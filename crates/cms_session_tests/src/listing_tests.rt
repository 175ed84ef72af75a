// Sessions of LISTFILE, as transcripts.
use crate::transcript::check_sessions;
use std::test::Fail;

const LISTED: &str = "# texts
> LISTFILE
ALPHA    TEXT     A1
BETA     DATA     A2
ALSO     TEXT     A0
R;
> list * * *
ALPHA    TEXT     A1
BETA     DATA     A2
ALSO     TEXT     A0
R;
> L A*
ALPHA    TEXT     A1
ALSO     TEXT     A0
R;
> L %%%%
BETA     DATA     A2
ALSO     TEXT     A0
R;
> L * *X%
ALPHA    TEXT     A1
ALSO     TEXT     A0
R;
> L * * A1
ALPHA    TEXT     A1
R;
> L * T* A0
ALSO     TEXT     A0
R;
> L ALPHA (FNAME
ALPHA
R;
> L ALPHA (FT
ALPHA    TEXT
R;
> L ALPHA (FMODE
ALPHA    TEXT     A1
R;
> L * * (FORMAT
FILENAME FILETYPE FM F LRECL
ALPHA    TEXT     A1 F     5
BETA     DATA     A2 V     4
ALSO     TEXT     A0 V     1
R;
> L BETA (AL
FILENAME FILETYPE FM F LRECL  RECORDS   BLOCKS
BETA     DATA     A2 V     4        4        1
R;
> L BETA (D
FILENAME FILETYPE FM F LRECL  RECORDS   BLOCKS DATE     TIME
BETA     DATA     A2 V     4        4        1 12/31/99 23:59:59
R;
> L BETA (LABEL)
FILENAME FILETYPE FM F LRECL  RECORDS   BLOCKS DATE     TIME     LABEL
BETA     DATA     A2 V     4        4        1 12/31/99 23:59:59 TEST01
R;
> L BETA (FULLDATE
FILENAME FILETYPE FM F LRECL  RECORDS   BLOCKS DATE       TIME
BETA     DATA     A2 V     4        4        1 12/31/1999 23:59:59
R;
> L BETA (FUL LABEL NOHEADER
BETA     DATA     A2 V     4        4        1 12/31/1999 23:59:59 TEST01
R;
> L BETA (HEADER
FILENAME FILETYPE FM
BETA     DATA     A2
R;
> L BETA (FNAME H
FILENAME
BETA
R;
> L BETA (FTYPE HEADER
FILENAME FILETYPE
BETA     DATA
R;
> L BETA (FORMAT NOHEADER
BETA     DATA     A2 V     4
R;
> L BETA (NOH FO HEAD
FILENAME FILETYPE FM F LRECL
BETA     DATA     A2 V     4
R;
> L BETA (HEADER NOHEADER
BETA     DATA     A2
R;
> L BETA (LABEL FNAME
BETA
R;
# one file
> LISTFILE A FILE A (FULLDATE NOHEADER
A        FILE     A1 V     5        1        1 01/01/2000 00:00:02
R;
# one file, last century
> LISTFILE A FILE A (FULLDATE NOHEADER
A        FILE     A1 V     5        1        1 01/01/1900 00:00:02
R;
> LISTFILE A FILE A (DATE NOHEADER
A        FILE     A1 V     5        1        1 01/01/00 00:00:02
R;
# one file, leap day
> LISTFILE A FILE A (NOHEADER DATE FULLDATE
A        FILE     A1 V     5        1        1 02/29/1900 23:59:59
R;
";

const NOT_LISTED: &str = "# texts
> L NONE
CMS002E File NONE * A not found
R(00028);
> L NONE x* A2
CMS002E File NONE X* A2 not found
R(00028);
> L NONE * *
CMS002E File NONE * * not found
R(00028);
> L NONE * B
CMS069E Disk B is not accessed
R(00036);
> L * * B (BLUE
CMS003E Option BLUE is not valid
R(00024);
> L * * =
CMS048E Mode = is not valid
R(00024);
> L * * AA (BLUE
CMS048E Mode AA is not valid
R(00024);
> L A! * AA
CMS062E Name A! is not valid
R(00020);
> L * TOOLONGTYPE AA
CMS062E Name TOOLONGTYPE is not valid
R(00020);
> L * * AA X
CMS048E Mode AA is not valid
R(00024);
> L * * A X (BLUE
CMS070E Operand X is not valid
R(00024);
> L (F
CMS003E Option F is not valid
R(00024);
> L (FU
CMS003E Option FU is not valid
R(00024);
> L (DATE (
CMS003E Option ( is not valid
R(00024);
> L (DATE) X
CMS070E Operand X is not valid
R(00024);
> L (BLUE) X
CMS003E Option BLUE is not valid
R(00024);
> L NONE (EXEC
CMS002E File NONE * A not found
R(00028);
> L NONE * B (EXEC
CMS069E Disk B is not accessed
R(00036);
# texts: 191,512,ro,A 192,512,rw,B
> L
ALPHA    TEXT     A1
BETA     DATA     A2
R;
> L ALSO
CMS002E File ALSO * A not found
R(00028);
> L NONE (APPEND
CMS037E Disk A is read-only
R(00036);
> L * * C (EXEC
CMS069E Disk C is not accessed
R(00036);
> L (BLUE EXEC
CMS003E Option BLUE is not valid
R(00024);
";

const STACKED: &str = "# rows
> LISTFILE A* * A (STACK
R;
CMS001E Unknown command AB
R(-0003);
CMS070E Operand FILE is not valid
R(00024);
CMS001E Unknown command AD
R(-0003);
> L A* * A (LIFO
R;
CMS001E Unknown command AD
R(-0003);
CMS070E Operand FILE is not valid
R(00024);
CMS001E Unknown command AB
R(-0003);
> L A* * A (LI ST
R;
CMS001E Unknown command AD
R(-0003);
CMS070E Operand FILE is not valid
R(00024);
CMS001E Unknown command AB
R(-0003);
> L A* * A (LIFO FI
R;
CMS001E Unknown command AB
R(-0003);
CMS070E Operand FILE is not valid
R(00024);
CMS001E Unknown command AD
R(-0003);
> L AB * A (EXEC STACK FNAME HEADER
R;
CMS001E Unknown command FILENAME
R(-0003);
CMS001E Unknown command AB
R(-0003);
> STATE CMS EXEC
CMS002E File CMS EXEC A not found
R(00028);
# texts
@ P
| &TRACE OFF
| LISTFILE BETA DATA A (STACK DATE
| &READ STRING &X
| &READ STRING &Y
| &TYPE &X
| &TYPE &Y
| LISTFILE BETA DATA A (LIFO LABEL NOHEADER
| &READ STRING &X
| &TYPE &X
| LISTFILE BETA DATA A (STACK FULLDATE
| &READ STRING &X
| &READ STRING &Y
| &TYPE &X
| &TYPE &Y
> P
FILENAME FILETYPE FM F LRECL  RECORDS   BLOCKS DATE     TIME
BETA     DATA     A2 V     4        4        1 12/31/99 23:59:59
BETA     DATA     A2 V     4        4        1 12/31/99 23:59:59 TEST01
FILENAME FILETYPE FM F LRECL  RECORDS   BLOCKS DATE       TIME
BETA     DATA     A2 V     4        4        1 12/31/1999 23:59:59
R;
";

const WRITTEN: &str = "# rows
> L A* * A (EXEC
R;
> TYPE CMS EXEC A 1 1 (COL 1-10
&TRACE OFF
R;
> TYPE CMS EXEC A 2 (COL 1-26
&1 &2 AB       FILE     A1
&1 &2 AC       FILE     A1
&1 &2 AD       FILE     A1
R;
> TYPE CMS EXEC A 4 4 (HEX COL 79-99
4040
R;
> L CMS * A (DATE NOHEADER
CMS      EXEC     A1 F    80        4        1 01/01/00 00:00:00
R;
> L CMS * A (FULLD NOHEADER FN
CMS      EXEC     A1 F    80        4        1 01/01/2000 00:00:00
R;
> L BX FILE A (APPEND FORMAT HEADER
R;
> TYPE CMS EXEC A 5 (COL 1-34
&1 &2 BX       FILE     A1 V     5
R;
> RENAME CMS EXEC A = = A3
R;
> L BX FILE A (AP
R;
> L CMS * A (ALLOC NOHEADER
CMS      EXEC     A3 F    80        6        1
R;
> L CMS * A (STACK EX FNAME
R;
> TYPE CMS EXEC A 2 (COL 1-9
&1 &2 CMS
R;
> L CMS * A (ALLOC NOHEADER
CMS      EXEC     A1 F    80        2        1
R;
# texts
> L BETA * A (EXEC DATE
R;
> L ALPHA * A (APPEND LABEL
R;
> TYPE CMS EXEC A 2 (COL 1-77
&1 &2 BETA     DATA     A2 V     4        4        1 12/31/99 23:59:59{ *7}
&1 &2 ALPHA    TEXT     A1 F     5        2        1 12/31/99 23:59:59 TEST01
R;
> L CMS * A (ALLOC NOHEADER
CMS      EXEC     A1 F    80        3        1
R;
> L BETA * A (EXEC LABEL FULLDATE
R;
> TYPE CMS EXEC A 2 (COL 1-79
&1 &2 BETA     DATA     A2 V     4        4        1 12/31/1999 23:59:59 TEST01
R;
# rows
> L AB * A (APPEND
R;
> TYPE CMS EXEC A 1 1 (COL 1-10
&TRACE OFF
R;
> TYPE CMS EXEC A 2 (COL 1-8
&1 &2 AB
R;
";

#[test]
fn files_are_listed(rt: HostRuntime) -> Result<(), Fail> {
    check_sessions(&rt, rt.alloc(), &[LISTED, NOT_LISTED, STACKED, WRITTEN])
}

• • •

Work out how many lines of the listing above include "FILETYPE". Answer with the number and nothing more.

Task response →
10